Uma história dentro da outra, que na verdade é a minha, contada por ele.

Hoje, optei por algo diferente para minha vida. Resolvi sair, caminhar ou mesmo sentar e ler um livro, uma daqueles que a gente passa dias, semanas, meses e, até mesmo, anos tentando começar e nunca começamos.

Tomei um livro, sem ver o título, sabia que se estava jogado ao canto era um desses. Troquei de roupa e fui. Fui sem medo de saber: até onde, meus passos poder-me-iam levar. Caminhei por um tempo e cheguei até um lugar diferente, estranho como mesmo tendo ir correr tantas e tantas vezes nunca reparei que caminho bonito: casas antigas, crianças pela rua e um ar de vida campestre. É como se eu pegasse um trem no meio da velha Moscou e seguisse até uma vila no Sul da Rússia, onde o verde se confunde com o branco.

Segui, atravessei a linha do trem e desci. Cheguei ao caminho que fazia várias e várias vezes, onde, hoje, não poria meus pés para correr, senão para encontrar um rumo, um lugar onde pudesse ler.

O dia estava tão diferente, tão diferente de tudo o que eu já havia visto por lá, as crianças eram poucas, mas estavam lá. As mulheres preocupadas com sua beleza mais cuidavam de arrumar o cabelo que de correr e os homens, poucos que valessem a pena serem olhados.

Tomei água e sentei-me. Juro que nem me lembro do nome do livro que abri, mas me lembro da sensação de poder sentar e sentir os raios de sol batendo nos pelos da minha perna. Fazendo meus olhos arderem e meu corpo transpirar de emoção. Fui tomado por algo que, se não é paz, é algo muito próximo.

Fiquei mudando de lugares e olhando em volta, meio despreocupado com o que seria do livro que havia tomado para ler, afinal, queria mesmo era sentir a paz daquele pequeno momento em meio à profusão que tem sido minha vida nos últimos dias.

Folhei-o de novo e de novo, buscando a história, o enredo, a trama e, quiçá, uma das personagens seja eu, mas não. Nada disso: o sol era engraçado. Ora muito, ora pouco. As pessoas também: ora vindo, ora rindo, ora não fazendo nada e ora eu era as pessoas que passavam por entre mim.

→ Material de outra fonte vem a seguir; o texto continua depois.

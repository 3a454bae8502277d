//! The node that is due, with its text and the rows before its last lead. From line to line only what changes of them is
//! made anew, and a lead is rung only where its line opens its node.

ghost use Rattle.std.specs.Prelude.{◌≡◌, ◌<◌, ◌≤◌, ◌-◌, ℕ, List, [], ◌++◌, length, take, All, MatchOption, IfOk};
ghost use Rattle.cr_row.specs.Rows.{rounds};
ghost use Rattle.cr_model.specs.Problems.{ProblemParts};
ghost use Rattle.cr_model.specs.Callings.{HasSteps, changes_at, changes_of, changes_of_all, rows_from, rows_of, last_of, length_of};
ghost use Rattle.cr_model.specs.Checkpoints.{steps_text};
ghost use Rattle.cr_model.specs.Sizes.{child};
ghost use Rattle.cr_audit.specs.Dues.{dues, later};
ghost use Rattle.cr_audit.specs.Paths.{IsAt, IsOpen, IsRung, last_lead};
ghost use Rattle.cr_audit.specs.Nodes.{width};

use crate::counting::{add_step, change_at_end, remove_step};
use crate::fitting::{Fitting, count_rung};
use crate::writing::write_lead;
use cr_model::{Lead, Problem};
use cr_row::{Change, NoMemory, Row, Stage, change_of_a_row, rounds_is_neutral};
use std::alloc::Global;

/// A node, its calling's text, how often each step stands in it, its changes of method, how many rows of each open node
/// above it fit each pattern, and rows.
#[derive(Drop)]
pub struct Path {
    pub node: Vec<u8>,
    pub text: Vec<u8>,
    pub taken: Vec<u64>,
    pub changes: u64,
    pub fitting: Vec<Fitting>,
    pub rows: Vec<Row>,
}

/// The root.
pub fn root(alloc: Global, problem: &Problem) -> Result<Path, NoMemory>
    ensures at { IfOk result (λ path. IsAt problem.now path) }
    ensures root { IfOk result (λ path. path.node.items ≡ []) }
{
    let taken = Vec::from_elem(alloc, 0, problem.leads().len())?;
    Ok(Path {
        node: Vec::new(alloc),
        text: Vec::new(alloc),
        taken,
        changes: 0,
        fitting: Vec::new(alloc),
        rows: Vec::new(alloc),
    })
}

/// The node's text in a line.
pub fn node_text(path: &Path) -> &[u8]
    ensures { (p : ProblemParts) → IsAt p path.now → result.now ≡ steps_text p path.now.node.items }
{
    if path.node.is_empty() {
        b"-"
    } else {
        &path.text
    }
}

/// The changes of the last lead. The root has none.
pub fn last_changes<'a>(problem: &'a Problem, path: &Path) -> &'a [Change]
    requires { HasSteps problem.now path.now.node.items }
    ensures { result.now ≡ changes_of_all problem.now (last_lead path.now.node.items) }
{
    let _ = problem.stage();
    match path.node.last() {
        Some(step) => changes_at(problem.leads(), usize::from(*step)),
        None => &[],
    }
}

/// Rings the last lead. Err where no memory is left.
pub fn open(alloc: Global, path: &mut Path, problem: &Problem) -> Result<(), NoMemory>
    requires { IsAt problem.now path.old }
    ensures open { IfOk result (λ _. IsOpen problem.now path.new) }
    ensures same { IfOk result (λ _. path.new.node.items ≡ path.old.node.items) }
{
    let before = path.rows.len();
    ring_last(path, problem)?;
    let fitting = count_rung(alloc, problem, path, before)?;
    path.fitting.push(fitting)?;
    Ok(())
}

fn ring_last(path: &mut Path, problem: &Problem) -> Result<(), NoMemory>
    requires { IsAt problem.now path.old }
    ensures { IfOk result (λ _. IsRung problem.now path.old path.new) }
{
    change_of_a_row();
    rounds_is_neutral();
    let changes = last_changes(problem, path);
    let from = last_row(&path.rows, problem.stage());
    ring(&mut path.rows, from, changes)
}

/// Goes to a child.
pub fn go_down(path: &mut Path, problem: &Problem, step: u8) -> Result<(), NoMemory>
    requires open { IsOpen problem.now path.old }
    requires step { step < length problem.now.leads }
    ensures at { IfOk result (λ _. IsAt problem.now path.new) }
    ensures node { IfOk result (λ _. path.new.node.items ≡ child path.old.node.items step) }
{
    write_lead(&mut path.text, problem, step)?;
    path.node.push(step)?;
    add_step(&mut path.taken, step);
    path.changes += change_at_end(problem, &path.node);
    Ok(())
}

/// Goes to the node that is due next beside the node or beside a node above it, if one is.
pub fn go_beside(path: &mut Path, problem: &Problem) -> Result<bool, NoMemory>
    requires { IsAt problem.now path.old }
    ensures at { IfOk result (λ more. IsAt problem.now path.new) }
    ensures due { IfOk result (λ more. dues problem.now more path.new.node.items ≡ later problem.now path.old.node.items) }
{
    let steps = problem.leads().len();
    while let Some(step) = go_up(path, problem) {
        if usize::from(step) + 1 < steps {
            go_down(path, problem, step + 1)?;
            return Ok(true);
        }
        close(path, problem);
    }
    Ok(false)
}

// Goes to the node above, which is open, and gives the step that led down. None at the root.
fn go_up(path: &mut Path, problem: &Problem) -> Option<u8>
    requires { IsAt problem.now path.old }
    ensures at { MatchOption result (IsAt problem.now path.new) (λ _. IsOpen problem.now path.new) }
    ensures node { MatchOption result ((path.old.node.items ≡ []) × (path.new.node.items ≡ []))
        (λ step. (step < length problem.now.leads) × (path.old.node.items ≡ child path.new.node.items step)) }
{
    path.changes -= change_at_end(problem, &path.node);
    let step = path.node.pop()?;
    remove_step(&mut path.taken, step);
    cut_text(&mut path.text, lead_width(problem));
    Some(step)
}

// Removes the rows of the last lead.
fn close(path: &mut Path, problem: &Problem)
    requires { IsOpen problem.now path.old }
    ensures at { IsAt problem.now path.new }
    ensures same { path.new.node.items ≡ path.old.node.items }
{
    let number = last_changes(problem, path).len();
    cut_rows(&mut path.rows, number);
    cut_last(&mut path.fitting);
}

fn cut_text(text: &mut Vec<u8>, number: usize)
    ensures { text.new.items ≡ take (length text.old.items - number) text.old.items }
{
    text.truncate(text.len().saturating_sub(number));
}

fn cut_rows(rows: &mut Vec<Row>, number: usize)
    ensures { rows.new.items ≡ take (length rows.old.items - number) rows.old.items }
{
    rows.truncate(rows.len().saturating_sub(number));
}

fn cut_last(fitting: &mut Vec<Fitting>)
    ensures { fitting.new.items ≡ take (length fitting.old.items - 1) fitting.old.items }
{
    fitting.truncate(fitting.len().saturating_sub(1));
}

// How many bytes the text of a lead has.
fn lead_width(problem: &Problem) -> usize
    ensures { result ≡ width problem.now }
{
    if problem.letters().len() > 1 { 2 } else { 1 }
}

#[tactic(auto, using(cr_model::specs::Callings::changes_at_is))]
fn changes_at(leads: &[Lead], step: usize) -> &[Change]
    requires { step < length leads.now }
    ensures { result.now ≡ changes_at leads.now step }
{
    let lead = &leads[step];
    &lead.changes
}

/// Rings the steps from a place on, where the rows are those of the steps before it.
pub fn ring_rest(
    rows: &mut Vec<Row>,
    problem: &Problem,
    steps: &[u8],
    from: usize,
) -> Result<(), NoMemory>
    requires known { HasSteps problem.now steps.now }
    requires from { from ≤ length steps.now }
    requires rows { rows.old.items ≡ rows_of problem.now (take from steps.now) }
    ensures { IfOk result (λ _. rows.new.items ≡ rows_of problem.now steps.now) }
{
    for index in from..steps.len() {
        ring_step(rows, problem, steps[index])?;
    }
    Ok(())
}

// Rings a lead from the last row, or from rounds.
fn ring_step(rows: &mut Vec<Row>, problem: &Problem, step: u8) -> Result<(), NoMemory>
    requires step { step < length problem.now.leads }
    requires rows { (calling : List ℕ) × (rows.old.items ≡ rows_of problem.now calling) }
    ensures { IfOk result (λ _. rows.new.items
        ≡ rows.old.items ++ rows_from (last_of (rounds problem.now.stage) rows.old.items) (changes_of problem.now step)) }
{
    change_of_a_row();
    rounds_is_neutral();
    let from = last_row(rows, problem.stage());
    ring(rows, from, changes_at(problem.leads(), usize::from(step)))
}

// Rings the changes from a row.
fn ring(rows: &mut Vec<Row>, from: Row, changes: &[Change]) -> Result<(), NoMemory>
    requires { All (λ change. change.stage ≡ length from) changes.now }
    ensures { IfOk result (λ _. rows.new.items ≡ rows.old.items ++ rows_from from changes.now) }
{
    let mut row = from;
    for change in changes {
        row = row.then(change);
        rows.push(row)?;
    }
    Ok(())
}

/// The last row, or rounds where there is none.
#[tactic(auto, using(crate::proofs::LastRows::last_at))]
pub fn last_row(rows: &[Row], stage: Stage) -> Row
    ensures { result ≡ last_of (rounds stage) rows.now }
{
    if rows.is_empty() {
        Row::rounds(stage)
    } else {
        rows[rows.len() - 1]
    }
}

Foi aí que me toquei que não estava lá para ler, que nada do que lesse iria me acalmar. Entendi que eu era o meu próprio livro, bastaria eu me ler. E é o que estou tentando fazer: como ler a mim próprio?

Seria um romance bucólico? Nunca achei interessante isso de viver no campo e de acreditar que há um último dia para tudo no mundo, que somos verdadeiros aproveitadores e gozadores da vida. Não acredito nisso de carpem diem, acima de tudo acredito em força de vontade para seguir em frente.

Talvez eu seja um daqueles romances alegóricos, fantásticos, não? Acho que não: não há nada de místico ou de sobrenatural na minha vida. Nada além de um ou outro deja vu ou mesmo de uma ou outra premonição e um ou outro espírito que passa por mim e deixa-me ‘oi’.

Talvez, concordo em partes, seja uma daquelas parábolas de Cristo, sabe? Aquelas que não dizem nada aos que leem, mas dizem muito aos que sentem. Daí, eu me lembro de que sou um pouco sombrio, talvez seja o caráter.

Além de feliz e depressivo, com um ar de melancolia e loucura. Quem sabe seja isso mesmo, não? Talvez que seja um livro, talvez eu seja o próprio livro que leio...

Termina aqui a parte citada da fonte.